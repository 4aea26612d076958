// The words of an entry's line, each by its reader. A letter before a number is passed over: whoever reads a line
// compares it with the entry's text afterwards.
ghost use Rattle.std.specs.Prelude.{◌≡◌, ◌<◌, drop, IfOk};
ghost use Rattle.hm_report_reading.specs.Words as spec;

use hm_base::frames::{dev_frame, sys_frame};
use hm_base::{
    Actor, Bytes, Cause, Dev, Frame, MirrorId, NoMemory, Page, Place, PoolId, Proc, Rights, Span,
};
use hm_history::{KeptAt, TableRight, Who};
use hm_script::{Reason, number};
use std::alloc::Global;

/// The number, if it is below the limit.
fn below(limit: u64, number: u64) -> Result<u64, Reason>
    ensures same { result ≡ spec.below limit number }
    ensures bound { IfOk result (λ n. n < limit) }
{
    if number < limit {
        return Ok(number);
    }
    Err(Reason::Range)
}

/// The word after its first byte.
fn behind(word: &[u8]) -> &[u8]
    ensures { result.now ≡ drop 1 word.now }
{
    match word {
        [] => word,
        [_, rest @ ..] => rest,
    }
}

/// Whether the word begins with this letter.
fn begins(word: &[u8], letter: u8) -> bool
    ensures { result ≡ spec.begins letter word.now }
{
    match word {
        [] => false,
        [first, ..] => *first == letter,
    }
}

/// A number below the limit, after one letter.
#[tactic(auto, unfolding(crate::specs::Words::numbered))]
fn numbered(limit: u64, word: &[u8]) -> Result<u64, Reason>
    ensures same { result ≡ spec.numbered limit word.now }
    ensures bound { IfOk result (λ n. n < limit) }
{
    let number = number(behind(word))?;
    below(limit, number)
}

#[tactic(auto, unfolding(crate::specs::Words::numbered))]
pub(crate) fn proc(word: &[u8]) -> Result<Proc, Reason>
    ensures { result ≡ spec.numbered 32 word.now }
{
    let number = number(behind(word))?;
    if number < 32 {
        return Ok(Proc::new(number as u32));
    }
    Err(Reason::Range)
}

#[tactic(auto, unfolding(crate::specs::Words::numbered))]
pub(crate) fn mirror(word: &[u8]) -> Result<MirrorId, Reason>
    ensures { result ≡ spec.numbered 32 word.now }
{
    let number = number(behind(word))?;
    if number < 32 {
        return Ok(MirrorId::new(number as u32));
    }
    Err(Reason::Range)
}

#[tactic(auto, unfolding(crate::specs::Words::numbered))]
pub(crate) fn device(word: &[u8]) -> Result<Dev, Reason>
    ensures { result ≡ spec.numbered 4 word.now }
{
    let number = number(behind(word))?;
    if number < 4 {
        return Ok(Dev::new(number as u32));
    }
    Err(Reason::Range)
}

#[tactic(auto, unfolding(crate::specs::Words::numbered))]
pub(crate) fn actor(word: &[u8]) -> Result<Actor, Reason>
    ensures { result ≡ spec.numbered 16 word.now }
{
    let number = number(behind(word))?;
    if number < 16 {
        return Ok(Actor::new(number as u32));
    }
    Err(Reason::Range)
}

#[tactic(auto, unfolding(crate::specs::Words::page_at))]
pub(crate) fn page(word: &[u8]) -> Result<Page, Reason>
    ensures { result ≡ spec.page_at word.now }
{
    let number = number(word)?;
    if number < 1 << 36 {
        return Ok(Page::new(number));
    }
    Err(Reason::Range)
}

/// The span, if it has a page and ends in range.
fn checked_span(first: u64, count: u64) -> Result<Span, Reason>
    ensures { result ≡ spec.checked_span first count }
{
    if count < 1 || count > 1 << 36 || first > (1 << 36) - count {
        return Err(Reason::Range);
    }
    Ok(Span::new(Page::new(first), count))
}

#[tactic(auto, unfolding(crate::specs::Words::span_at))]
pub(crate) fn span(first: &[u8], count: &[u8]) -> Result<Span, Reason>
    ensures { result ≡ spec.span_at first.now count.now }
{
    let first = number(first)?;
    let count = number(count)?;
    checked_span(first, count)
}

/// The value of a hexadecimal digit.
fn nibble(digit: u8) -> u8
    ensures { result ≡ spec.nibble digit }
{
    if digit < b'a' {
        digit.saturating_sub(b'0') % 16
    } else {
        (digit - 87) % 16
    }
}

fn pair(high: u8, low: u8) -> u8
    ensures { result ≡ spec.pair high low }
{
    16 * nibble(high) + nibble(low)
}

/// The byte that two hexadecimal digits write.
pub(crate) fn byte(word: &[u8]) -> u8
    ensures { result ≡ spec.byte_at word.now }
{
    match word {
        [high, low, ..] => pair(*high, *low),
        _ => 0,
    }
}

/// The bytes that pairs of hexadecimal digits write.
pub(crate) fn bytes(alloc: Global, word: &[u8]) -> Result<Bytes, NoMemory>
    ensures { IfOk result (λ bytes. bytes ≡ spec.bytes_at word.now) }
{
    let mut bytes = Bytes::new(alloc);
    let mut rest = word;
    while let [high, low, after @ ..] = rest {
        bytes.push(pair(*high, *low))?;
        rest = after;
    }
    Ok(bytes)
}

/// What an area allows.
pub(crate) fn right(word: &[u8]) -> Rights
    ensures { result ≡ spec.right_at word.now }
{
    if word == b"rw".as_slice() {
        Rights::ReadWrite
    } else {
        Rights::Read
    }
}

#[tactic(auto, unfolding(crate::specs::Words::who_at))]
pub(crate) fn who(word: &[u8]) -> Result<Who, Reason>
    ensures { result ≡ spec.who_at word.now }
{
    let number = numbered(32, word)?;
    if begins(word, b'm') {
        return Ok(Who::Mirror(MirrorId::new(number as u32)));
    }
    Ok(Who::Cpu(Proc::new(number as u32)))
}

fn system_frame(word: &[u8]) -> Result<Frame, Reason>
    ensures { result ≡ spec.system_frame_at word.now }
{
    let number = numbered(1 << 32, word)?;
    Ok(sys_frame(number as u32))
}

/// The words around a device's number, of one digit, and the point after it.
fn device_frame(word: &[u8]) -> Result<Frame, Reason>
    ensures { result ≡ spec.device_frame_at word.now }
{
    let [_, _, _, rest @ ..] = word else {
        return Err(Reason::Number);
    };
    let dev = below(4, number(&word[1..2])?)?;
    let number = below(1 << 32, number(rest)?)?;
    Ok(dev_frame(Dev::new(dev as u32), number as u32))
}

#[tactic(auto, unfolding(crate::specs::Words::frame_at))]
pub(crate) fn frame(word: &[u8]) -> Result<Frame, Reason>
    ensures { result ≡ spec.frame_at word.now }
{
    if begins(word, b's') {
        system_frame(word)
    } else {
        device_frame(word)
    }
}

#[tactic(auto, unfolding(crate::specs::Words::target_at))]
pub(crate) fn target(word: &[u8]) -> Result<Option<Frame>, Reason>
    ensures { result ≡ spec.target_at word.now }
{
    if word == b"zero".as_slice() {
        return Ok(None);
    }
    let frame = frame(word)?;
    Ok(Some(frame))
}

/// What a table entry allows.
pub(crate) fn table_right(word: &[u8]) -> TableRight
    ensures { result ≡ spec.table_right_at word.now }
{
    if word == b"r".as_slice() {
        return TableRight::Read;
    }
    if word == b"w".as_slice() {
        return TableRight::Write;
    }
    TableRight::Sole
}

#[tactic(auto, unfolding(crate::specs::Words::part_at))]
pub(crate) fn part(word: &[u8]) -> Result<Option<u8>, Reason>
    ensures { result ≡ spec.part_at word.now }
{
    if word == b"all".as_slice() {
        return Ok(None);
    }
    let number = below(256, number(word)?)?;
    Ok(Some(number as u8))
}

#[tactic(auto, unfolding(crate::specs::Words::kept_at))]
pub(crate) fn kept(word: &[u8]) -> Result<KeptAt, Reason>
    ensures { result ≡ spec.kept_at word.now }
{
    if begins(word, b's') || begins(word, b'd') {
        let frame = frame(word)?;
        return Ok(KeptAt::Frame(frame));
    }
    let page = page(word)?;
    Ok(KeptAt::Page(page))
}

fn cause_of(number: u64) -> Result<Cause, Reason>
    ensures { result ≡ spec.cause_of number }
{
    match number {
        0 => Ok(Cause::Never),
        1 => Ok(Cause::Unmapped),
        2 => Ok(Cause::Forbidden),
        3 => Ok(Cause::NoFrame),
        4 => Ok(Cause::Outside),
        5 => Ok(Cause::Overlap),
        6 => Ok(Cause::TooManyAreas),
        7 => Ok(Cause::NameTaken),
        8 => Ok(Cause::NoProcess),
        9 => Ok(Cause::MirrorTaken),
        10 => Ok(Cause::Removed),
        _ => Err(Reason::Range),
    }
}

#[tactic(auto, unfolding(crate::specs::Words::cause_at))]
pub(crate) fn cause(word: &[u8]) -> Result<Cause, Reason>
    ensures { result ≡ spec.cause_at word.now }
{
    let number = number(word)?;
    cause_of(number)
}

/// Whether writes are allowed.
pub(crate) fn writes(word: &[u8]) -> bool
    ensures { result ≡ spec.writes word.now }
{
    word == b"w".as_slice()
}

/// The number of a frame of the system.
pub(crate) fn system_number(frame: &Frame) -> Result<u32, Reason>
    ensures { result ≡ spec.system_number frame.now.pool frame.now.number }
{
    match frame.pool {
        PoolId::System => Ok(frame.number),
        PoolId::Device(_) => Err(Reason::Word),
    }
}

/// The place in a device's own frame.
pub(crate) fn own_place(frame: &Frame, writable: bool) -> Result<Place, Reason>
    ensures { result ≡ spec.own_place frame.now.pool frame.now.number writable }
{
    match frame.pool {
        PoolId::System => Err(Reason::Word),
        PoolId::Device(dev) => Ok(Place::Own {
            dev,
            number: frame.number,
            writable,
        }),
    }
}
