// The program hmmwithout, but for the real streams: its arguments, one call, and what it says and ends with.
ghost use Rattle.std.specs.Prelude.{map, string_bytes};
ghost use Rattle.std.specs.Vec.Iter.{into_iter_items};
ghost use Rattle.hm_edge.specs.Exits.{Exits, arguments};
ghost use Rattle.hm_edge.specs.Traffic.{traffic};
ghost use Rattle.hm_flaw_top.specs.Runs.{Runs, name, usage};

use crate::call::without;
use hm_edge::{Call, Status};
use hm_io::{Sink, Source};
use std::alloc::Global;
use std::env::Args;
use std::io;

/// The program's name, which its messages begin with.
pub const NAME: &str = "hmmwithout";

/// What it says if a word is bad.
pub const USAGE: &str =
    "usage: hmmwithout RULE [--holds] | right [--holds] | --all [--answers] [--most MOST], with RULE one of \
    compare compare-sequence entry-right mmap-lock own-device begin-waits begin-first set-sequence erase \
    erase-all erase-in-time own-events own-sequence own-entries stop-at-detach write-entry detach-waits \
    copy-all clear set-moved set-right set-unless-invalidated drop-lost take-from-there evict-first \
    withdraw-first wait-for-locked exclusive-waits look-again, or of the memory manager's own: tell-first \
    end-last fork-narrows fault-looks-again bring-home freeze-others freeze-first fresh-looks-again \
    fresh-right back-right lock-page put-back drop-unnamed";

/// The call of hmmwithout.
struct Leaving;

impl Call for Leaving {
    ghost Runs = { Runs };

    fn call<S: Source, K: Sink>(
        &self,
        alloc: Global,
        words: &[String],
        source: &mut S,
        sink: &mut K,
    ) -> Status {
        without(alloc, words, source, sink)
    }
}

/// Does what the arguments ask for, whose first is the program's name, and says on the error stream how it ended if not
/// all was done. Gives the exit code.
pub fn program<S: Source, K: Sink, E: Sink>(
    alloc: Global,
    args: io::Result<Args>,
    source: &mut S,
    sink: &mut K,
    errors: &mut E,
) -> u8
    ensures { Exits Runs name usage (arguments (λ x. map string_bytes (into_iter_items x)) args)
        (traffic S.state K.state source.old source.new sink.old sink.new) (E.state errors.old) (E.state errors.new)
        result }
{
    hm_edge::program(alloc, args, &Leaving, NAME, USAGE, source, sink, errors)
}
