// The lines of a report after its script.
ghost use Rattle.std.specs.Prelude.{◌≡◌, IfOk};
ghost use Rattle.hm_report_reading.specs.Entries.{IsEnd, IsRead, IsUnfinished, unfinished_text};

use crate::entry::{read_words, strip_end};
use crate::words::actor;
use hm_base::{Actor, NoMemory};
use hm_history::Entry;
use hm_report::{Buffer, put_end, put_unfinished_line};
use hm_report_front::is_line_of;
use hm_script::{LineWords, number};
use std::alloc::Global;

/// An actor with an operation that has not ended.
#[derive(Clone, Copy, PartialEq, Eq)]
pub struct Unfinished {
    pub actor: Actor,
    /// The number of its first such operation, from 0.
    pub index: u64,
}

/// Writes that line over the buffer.
fn put_unfinished(out: &mut Buffer, actor: Actor, index: u64)
    ensures { out.new ≡ unfinished_text actor index }
{
    out.clear();
    // Any other count than the number has the line written.
    let count = if index == 0 { 1 } else { 0 };
    put_unfinished_line(out, u64::from(actor.number()), index, count);
}

/// Reads the lines of a report after its script, one at a time, and keeps the memory that this takes. A line comes
/// with its line feed.
#[derive(Drop)]
pub struct LineReader {
    front: Buffer,
}

impl LineReader {
    pub fn new(alloc: Global) -> Result<LineReader, NoMemory> {
        Ok(LineReader {
            front: Buffer::new(alloc)?,
        })
    }

    /// The entry whose line this is, if it is the line of one at this position, counted from 0.
    pub fn entry(&mut self, alloc: Global, line: &[u8], at: u64) -> Result<Option<Entry>, NoMemory>
        ensures { IfOk result (IsRead at line.now) }
    {
        let Some(text) = strip_end(line, b"\n") else {
            return Ok(None);
        };
        let Ok(entry) = read_words(alloc, text)? else {
            return Ok(None);
        };
        if is_line_of(&mut self.front, line, at, &entry) {
            Ok(Some(entry))
        } else {
            Ok(None)
        }
    }

    /// What the line tells, if it is of an actor with an operation that has not ended.
    pub fn unfinished(&mut self, line: &[u8]) -> Option<Unfinished>
        ensures { IsUnfinished line.now result }
    {
        let Some(text) = strip_end(line, b"\n") else {
            return None;
        };
        let words = LineWords::of(text);
        let Ok(actor) = actor(words.get(1)) else {
            return None;
        };
        let Ok(index) = number(words.get(2)) else {
            return None;
        };
        put_unfinished(&mut self.front, actor, index);
        if line == self.front.as_slice() {
            Some(Unfinished { actor, index })
        } else {
            None
        }
    }

    /// How many entries the line tells, if it is a last line.
    pub fn end(&mut self, line: &[u8]) -> Option<u64>
        ensures { IsEnd line.now result }
    {
        let Some(text) = strip_end(line, b"\n") else {
            return None;
        };
        let Ok(count) = number(LineWords::of(text).get(1)) else {
            return None;
        };
        self.front.clear();
        put_end(&mut self.front, count);
        if line == self.front.as_slice() {
            Some(count)
        } else {
            None
        }
    }
}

================================

What you need to do - Please reproduce exactly the lines in the listing above from the one containing "after its script." through the one containing "out.clear();", both included, and nothing more.

Exercise solution -
// The lines of a report after its script.
ghost use Rattle.std.specs.Prelude.{◌≡◌, IfOk};
ghost use Rattle.hm_report_reading.specs.Entries.{IsEnd, IsRead, IsUnfinished, unfinished_text};

use crate::entry::{read_words, strip_end};
use crate::words::actor;
use hm_base::{Actor, NoMemory};
use hm_history::Entry;
use hm_report::{Buffer, put_end, put_unfinished_line};
use hm_report_front::is_line_of;
use hm_script::{LineWords, number};
use std::alloc::Global;

/// An actor with an operation that has not ended.
#[derive(Clone, Copy, PartialEq, Eq)]
pub struct Unfinished {
    pub actor: Actor,
    /// The number of its first such operation, from 0.
    pub index: u64,
}

/// Writes that line over the buffer.
fn put_unfinished(out: &mut Buffer, actor: Actor, index: u64)
    ensures { out.new ≡ unfinished_text actor index }
{
    out.clear();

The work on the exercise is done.